October 13, 2020 1:20 PM

GMT

Scenic abstractions in gradually changing intensity of pastels and earth-tones, RCA’er Yi To paintings are excitingly mysterious. The colours flow on the canvas and illuminate, opening up a spectrum of light and depth. In these breathtaking paintings, she explores the primordiality, the earliest stages of human life, the root of our existence which is an experience every human being shares with each other. In this conversation with the London based artist and where's the frame, we talk about her technique, what you will find in her studio, and what her practice is about.

What made you choose RCA more than any other colleges in London?

I guess it just happened at the right time.

Yi To, Information Superhighway, 51 x 71 cm.

Can you describe your studio to us? Do you have any weird figurines? Or a lot of plants?

I always have a few work-in-progress, or even finished pieces laid out in the studio all at the same time. I would choose one to work with - naturally they resonate with each other as they’re being with each other. I don’t have any figurines in my studio at this point, but my partner and I have collected plenty of unusual wooden, ceramic and metal objects at home, ranging from masks, figurines, candle holders, and animal-shaped vessels over the last few years from different places in London, those have informed the way I approach human bodies.


Yi To's Studio


As an artist, how is your mode of production different before and during the COVID-19 pandemic?

I have not changed the way I paint but the pandemic does have an effect on my rhythm due to the fact that now I will have to work across 3 different locations - home studio, my personal studio and the RCA.

Yi To, An Appetite, 70 x 90 cm.


Can you please describe your artwork as if you were talking to someone who can’t see?

The figures in my paintings are being thrown into a non-narrative circumstance and they act upon it. At the same time, they throw back at me a chain of cause-and-effect governed by a sense of everydayness that is carried within our bodies.
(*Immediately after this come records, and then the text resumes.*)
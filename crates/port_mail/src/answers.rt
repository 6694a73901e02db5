//! What a signal or an effect sends, as posts that are still to be put.
ghost use Rattle.std.specs.Prelude.{◌≡◌, ◌∷◌, [], codes, if◌then◌else◌, IfOk};
ghost use Rattle.port_links.specs.port_history.Opening.{Opening};
ghost use Rattle.port_links.specs.port_history.Ties.{Ties};
ghost use Rattle.port_links.specs.port_history.Mail.{send, effect_mail, answer_of, answer_mail, answers, late_mail, closed_mail};
ghost use Rattle.port_links.specs.Posts.{sent_of, exit_of};
ghost use Rattle.port_mail.specs.Rows.{sent_by, IsHandling};

use crate::{Effect, Handling, Mail, NoMemory, Post, Sender, Signal};
use port_model::{Answer, Reason};

/// What an effect sends to the owner. Its bytes are shared, not copied.
pub(crate) fn effect_post(port: u32, owner: u32, effect: &Effect) -> Result<Option<Post>, NoMemory>
    ensures { IfOk result (λ post. sent_by post ≡ effect_mail port owner effect.now) }
{
    match effect {
        Effect::Message { flag, bytes } => {
            let mail = Mail::Message {
                port,
                flag: *flag,
                bytes: bytes.share()?,
            };
            Ok(Some(Post { to: owner, mail }))
        }
        Effect::Eof => Ok(Some(Post {
            to: owner,
            mail: Mail::Eof(port),
        })),
        Effect::Status(status) => Ok(Some(Post {
            to: owner,
            mail: Mail::Status {
                port,
                status: *status,
            },
        })),
        _ => Ok(None),
    }
}

/// The driver's answer among the effects of a control or a call. Its bytes are shared, not copied.
fn answer_of(effects: &[Effect]) -> Result<Answer, NoMemory>
    ensures { IfOk result (λ answer. answer ≡ answer_of effects.now) }
{
    for effect in effects {
        match effect {
            Effect::Reply(bytes) => return Ok(Answer::Bytes(bytes.share()?)),
            Effect::ReplyBadarg => return Ok(Answer::Badarg),
            _ => {}
        }
    }
    Ok(Answer::Badarg)
}

fn reply(port: u32, to: u32, seq: u64, answer: Answer) -> Post
    ensures { sent_of result ≡ send to (Mail.Reply port seq answer) }
{
    Post {
        to,
        mail: Mail::Reply { port, seq, answer },
    }
}

fn exit(port: u32, to: u32, reason: Reason) -> Post
    ensures { sent_of result ≡ exit_of port reason to }
{
    Post {
        to,
        mail: Mail::Exit { port, reason },
    }
}

/// The answer to a connect.
fn connect_answer(may_own: bool) -> Answer
    ensures { result ≡ (if may_own then Answer.True else Answer.Badarg) }
{
    if may_own {
        Answer::True
    } else {
        Answer::Badarg
    }
}

/// Tells the owner of an owner form, unless it could be done.
fn bad_signal_unless(done: bool, port: u32, owner: u32) -> Option<Post>
    ensures { sent_by result ≡ (if done then [] else exit_of port (codes "badsig") owner ∷ []) }
{
    if done {
        return None;
    }
    Some(exit(port, owner, Reason::badsig()))
}

/// Answers an owner's connect, or tells the owner that it can't be done.
fn owner_connect_post(done: bool, port: u32, owner: u32, from: u32) -> Post
    ensures { sent_of result ≡ (if done then send from (Mail.Connected port) else exit_of port (codes "badsig") owner) }
{
    if !done {
        return exit(port, owner, Reason::badsig());
    }
    Post {
        to: from,
        mail: Mail::Connected(port),
    }
}

/// What a handled signal of a process sends after the effects of its row.
fn process_answer(
    handling: Handling,
    from: u32,
    effects: &[Effect],
    signal: &Signal,
) -> Result<Option<Post>, NoMemory>
    ensures { IfOk result (λ post. (opening : Opening) (ties : Ties) → IsHandling handling opening ties signal.now
        → sent_by post ≡ answer_mail opening ties from handling.seq effects.now signal.now) }
{
    let Handling {
        port,
        owner,
        may_own,
        from: _,
        seq,
    } = handling;
    let owns = from == owner;
    match signal {
        Signal::OwnerCommand(_) => Ok(bad_signal_unless(owns, port, owner)),
        Signal::OwnerClose => Ok(bad_signal_unless(owns, port, owner)),
        Signal::Control { .. } => Ok(Some(reply(port, from, seq, answer_of(effects)?))),
        Signal::Call { .. } => Ok(Some(reply(port, from, seq, answer_of(effects)?))),
        Signal::Close => Ok(Some(reply(port, from, seq, Answer::True))),
        Signal::Connect(_) => Ok(Some(reply(port, from, seq, connect_answer(may_own)))),
        Signal::OwnerConnect(_) => Ok(Some(owner_connect_post(owns && may_own, port, owner, from))),
        _ => Ok(None),
    }
}

/// What a handled signal sends after the effects of its row: only processes are answered.
pub(crate) fn answer_post(
    handling: Handling,
    effects: &[Effect],
    signal: &Signal,
) -> Result<Option<Post>, NoMemory>
    ensures { IfOk result (λ post. (opening : Opening) (ties : Ties) → IsHandling handling opening ties signal.now
        → sent_by post ≡ answers opening ties handling.from handling.seq effects.now signal.now) }
{
    match handling.from {
        Sender::Process(from) => process_answer(handling, from, effects, signal),
        Sender::Poller | Sender::Worker(_) | Sender::Timer => Ok(None),
    }
}

/// What a late signal of a process sends.
pub(crate) fn late_post(port: u32, from: u32, seq: u64, signal: &Signal) -> Option<Post>
    ensures { sent_by result ≡ late_mail port from seq signal.now }
{
    match signal {
        Signal::Control { .. } => Some(reply(port, from, seq, Answer::Badarg)),
        Signal::Call { .. } => Some(reply(port, from, seq, Answer::Badarg)),
        Signal::Close => Some(reply(port, from, seq, Answer::Badarg)),
        Signal::Connect(_) => Some(reply(port, from, seq, Answer::Badarg)),
        Signal::Link => Some(exit(port, from, Reason::noproc())),
        Signal::Monitor(monitor) => Some(Post {
            to: from,
            mail: Mail::Down {
                port,
                monitor: *monitor,
                reason: Reason::noproc(),
            },
        }),
        _ => None,
    }
}

/// What the owner that asked for the close is told, in the row in which the driver is stopped.
pub(crate) fn closed_post(port: u32, stops: bool, closer: Option<u32>) -> Option<Post>
    ensures { sent_by result ≡ closed_mail port stops closer }
{
    if !stops {
        return None;
    }
    let to = closer?;
    Some(Post {
        to,
        mail: Mail::Closed(port),
    })
}
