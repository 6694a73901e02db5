//! The parts of a row's mail.
ghost use Rattle.std.specs.List.{flat_map};
ghost use Rattle.port_links.specs.port_history.Opening.{Opening};
ghost use Rattle.port_links.specs.port_history.Ties.{Ties};
ghost use Rattle.port_links.specs.port_history.Mail.{effect_mail, answers, late_mail, closed_mail};
ghost use Rattle.port_mail.specs.Ends.{Puts};
ghost use Rattle.port_mail.specs.Rows.{IsHandling};

use crate::answers::{answer_post, closed_post, effect_post, late_post};
use crate::{Effect, Handling, Links, Mailboxes, NoMemory, Origin, Signal};
use std::sync::Wait;

impl Mailboxes {
    /// Puts what an effect sends to the owner.
    fn post_effect<R: Wait>(
        &mut self,
        rt: &R,
        links: &Links,
        port: u32,
        owner: u32,
        effect: &Effect,
    ) -> Result<(), NoMemory>
        ensures { Puts result links.now.ties.ended self.old self.new (effect_mail port owner effect.now) }
    {
        let post = effect_post(port, owner, effect)?;
        self.post_any(rt, links, post)
    }

    /// Puts what the effects of a row send to the owner, which is that before the row, in their order. Their bytes are shared, not
    /// copied.
    pub fn post_effects<R: Wait>(
        &mut self,
        rt: &R,
        links: &Links,
        port: u32,
        owner: u32,
        effects: &[Effect],
    ) -> Result<(), NoMemory>
        ensures { Puts result links.now.ties.ended self.old self.new (flat_map (effect_mail port owner) effects.now) }
    {
        for effect in effects {
            self.post_effect(rt, links, port, owner, effect)?;
        }
        Ok(())
    }

    /// Puts what a handled signal sends after the effects of its row: the driver's answer, `true` or `badarg`, `connected`, or the exit
    /// signal `badsig` to the owner.
    pub fn post_answer<R: Wait>(
        &mut self,
        rt: &R,
        links: &Links,
        handling: Handling,
        effects: &[Effect],
        signal: &Signal,
    ) -> Result<(), NoMemory>
        ensures { (opening : Opening) (ties : Ties) → IsHandling handling opening ties signal.now
            → Puts result links.now.ties.ended self.old self.new (answers opening ties handling.from handling.seq effects.now signal.now) }
    {
        let post = answer_post(handling, effects, signal)?;
        self.post_any(rt, links, post)
    }

    /// Puts what a late signal of a process sends.
    pub fn post_late<R: Wait>(
        &mut self,
        rt: &R,
        links: &Links,
        process: u32,
        origin: Origin,
        signal: &Signal,
    ) -> Result<(), NoMemory>
        ensures { Puts result links.now.ties.ended self.old self.new (late_mail origin.port process origin.seq signal.now) }
    {
        let post = late_post(origin.port, process, origin.seq, signal);
        self.post_any(rt, links, post)
    }

    /// Tells the owner that asked for the close, where the row stops the driver.
    pub fn post_closed<R: Wait>(
        &mut self,
        rt: &R,
        links: &Links,
        port: u32,
        stops: bool,
        closer: Option<u32>,
    ) -> Result<(), NoMemory>
        ensures { Puts result links.now.ties.ended self.old self.new (closed_mail port stops closer) }
    {
        self.post_any(rt, links, closed_post(port, stops, closer))
    }
}
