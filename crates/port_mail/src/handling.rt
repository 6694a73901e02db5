ghost use Rattle.std.specs.Prelude.{◌≡◌};
ghost use Rattle.port_links.specs.port_history.Opening.{Opening};
ghost use Rattle.port_mail.specs.Rows.{may_connect, IsHandling};

use crate::{Effect, Links, Post, Sender, Signal};

/// What is known of a port and of a signal to it before the signal is noted in the port's ties.
#[derive(Clone, Copy)]
pub struct Handling {
    /// The port's place in the order of declaration, from 0.
    pub port: u32,
    /// The owner before the row.
    pub owner: u32,
    /// Whether the process that a connect names may own the port, before the row. Of other signals it is false.
    pub may_own: bool,
    pub from: Sender,
    /// The place of the signal among those of its sender to the port, from 0.
    pub seq: u64,
}

/// Where a signal came from.
#[derive(Clone, Copy)]
pub struct Origin {
    /// The place of the signal's port in the order of declaration, from 0.
    pub port: u32,
    pub from: Sender,
    /// The place of the signal among those of its sender to the port, from 0.
    pub seq: u64,
}

/// The end of a sender's wait for a busy port.
#[derive(Clone, Copy)]
pub struct Resumption {
    /// The place of the port in the order of declaration, from 0.
    pub port: u32,
    /// The process that waited, by its place in the order of declaration, from 0.
    pub process: u32,
    /// The place of the command for which it waited among its signals to the port, from 0.
    pub seq: u64,
    /// The word MSGQ that was loaded for it.
    pub word: u64,
    /// Whether the port isn't open.
    pub closed: bool,
}

/// What the closing of a port adds to the mail of a row.
#[derive(Drop)]
pub struct Closing {
    /// What the linked processes and the monitors are told, in that order, where the row closes the port; else none.
    pub posts: Vec<Post>,
    /// Whether the driver is stopped in the row.
    pub stops: bool,
    /// The owner that asked for the close, where one did.
    pub closer: Option<u32>,
}

/// What the mail of a handled row is made of.
#[derive(Drop)]
pub struct HandledRow<'a> {
    pub handling: Handling,
    pub effects: &'a [Effect],
    pub signal: &'a Signal,
    pub closing: Closing,
}

impl Handling {
    /// What the ties of the port of this number say for the signal.
    pub fn new(links: &Links, port: u32, from: Sender, seq: u64, signal: &Signal) -> Handling
        ensures task { (result.port ≡ port) × (result.from ≡ from) × (result.seq ≡ seq) }
        ensures ties { (opening : Opening) → opening.number ≡ port → opening.processes ≡ links.now.processes → IsHandling result opening links.now.ties signal.now }
    {
        Handling {
            port,
            owner: links.owner(),
            may_own: may_connect(links, signal),
            from,
            seq,
        }
    }
}

/// Whether the process that a connect names may own the port.
fn may_connect(links: &Links, signal: &Signal) -> bool
    ensures { (opening : Opening) → opening.processes ≡ links.now.processes → result ≡ may_connect opening links.now.ties signal.now }
{
    match signal {
        Signal::Connect(process) => links.may_own(*process),
        Signal::OwnerConnect(process) => links.may_own(*process),
        _ => false,
    }
}
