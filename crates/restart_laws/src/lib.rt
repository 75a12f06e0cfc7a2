//! What a schedule brings is bytes, so that what a shard starts again from is what it had recorded.
#![tactic(auto)]

pub mod laws;
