//! A law is the contract of a function with an empty body.
ghost use Rattle.std.specs.Prelude.{◌≡◌, ℕ, List, Option, IsTrue, Ok};
ghost use Rattle.txn_model.specs.declared.ran.Ran.{Ran};
ghost use Rattle.cluster_core.specs.Nodes.{Nodes};
ghost use Rattle.fit_laws.specs.Bytes.{AreOfBytes, AreOnConnections};
ghost use Rattle.play_steps.specs.Player.{Player};
ghost use Rattle.cluster_play.specs.Ended.{AreStarted};
ghost use Rattle.cluster_play.specs.Plays.{PlaysTo, ran_of};
ghost use Rattle.cluster_play.specs.Schedule.{Schedule, schedule_of, player_of};
ghost use Rattle.restart_laws.specs.Restarts.{RestartsFit};

use outside_core::Disk;

/// What is played of a schedule brings bytes of clients, each on a connection whose number has 32
/// bits, whatever its lines are.
pub fn what_is_played_brings_bytes<D: Disk>()
    ensures { let told : Type 0 = (d : D) → IsTrue (D.tells d) in
        (schedule : Schedule) (start : Nodes) (items : List (Option Ran)) (text : List ℕ)
        (q : Player) (behind : Nodes)
        → PlaysTo told schedule.conf.map (player_of schedule) start items text q behind
        → AreOfBytes (ran_of items) × AreOnConnections (ran_of items) }
{}

/// So where a schedule over one shard is played on disks that tell what they hold, each record of
/// the shard fits its bytes whenever it is started again.
pub fn records_of_one_shard_fit_at_restarts<D: Disk>()
    ensures { let told : Type 0 = (d : D) → IsTrue (D.tells d) in
        (lines : List (List ℕ)) (schedule : Schedule) (start : Nodes) (items : List (Option Ran))
        (text : List ℕ) (q : Player) (behind : Nodes) → told → schedule_of lines ≡ Ok schedule
        → schedule.conf.shards ≡ 1 → AreStarted told schedule.conf start
        → (h : PlaysTo told schedule.conf.map (player_of schedule) start items text q behind)
        → RestartsFit told schedule.conf.map (player_of schedule) start items text q behind h }
{}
They are our collective being.


You use a lot of soft and almost pastel color palettes in all of your work. Is there any particular reason that made you gravitate to the particular color palette?

I want my paintings to be as illuminating as possible so that light can come through. I’ve always been interested in the very moment when we’re naturally drawn to an illuminating source without unnecessary judgement - to open up a spectrum of light and depth, I use a lot of solvent and tiny bits of paint in each stroke I make. As paints are always thinned down and layered, a pastel colour palette seems to be a by-product of my approach.


Yi To, Cosmic Temporal Freight Train, 80 x 80 cm.


You seemed to play around with the idea of contortion of the human body, what is the main message or story of your works?

I don’t see my works as stories. The primordiality of our being hidden at the root of our existence is what I’m inquiring into. This pre-narrative state in our universal collectivity can be shared by each and every one of us regardless of gender, skin colour, or border. The same air that we breathe, the anatomy, the appetite for clarity, and the tendency to be drawn to light sources - I’m trying to grasp such rhythm by opening up the spaciousness in human bodies.


Yi To, The Geography of Nothingness, 140 x 170 cm.

If the pandemic is a song, what song do you think it will be?
Good thoughts, bad thoughts by Funkadelic

Do you have any idea of what is next for you after graduation?
I’ll have to wait and see.


To follow Yi To, you can visit her website and instagram.

All photos courtesy of the artist.

where's the frame - ‘in conversation with’ is a weekly series featuring London-based vanguard artists. Stay tuned for more interviews, published every Friday.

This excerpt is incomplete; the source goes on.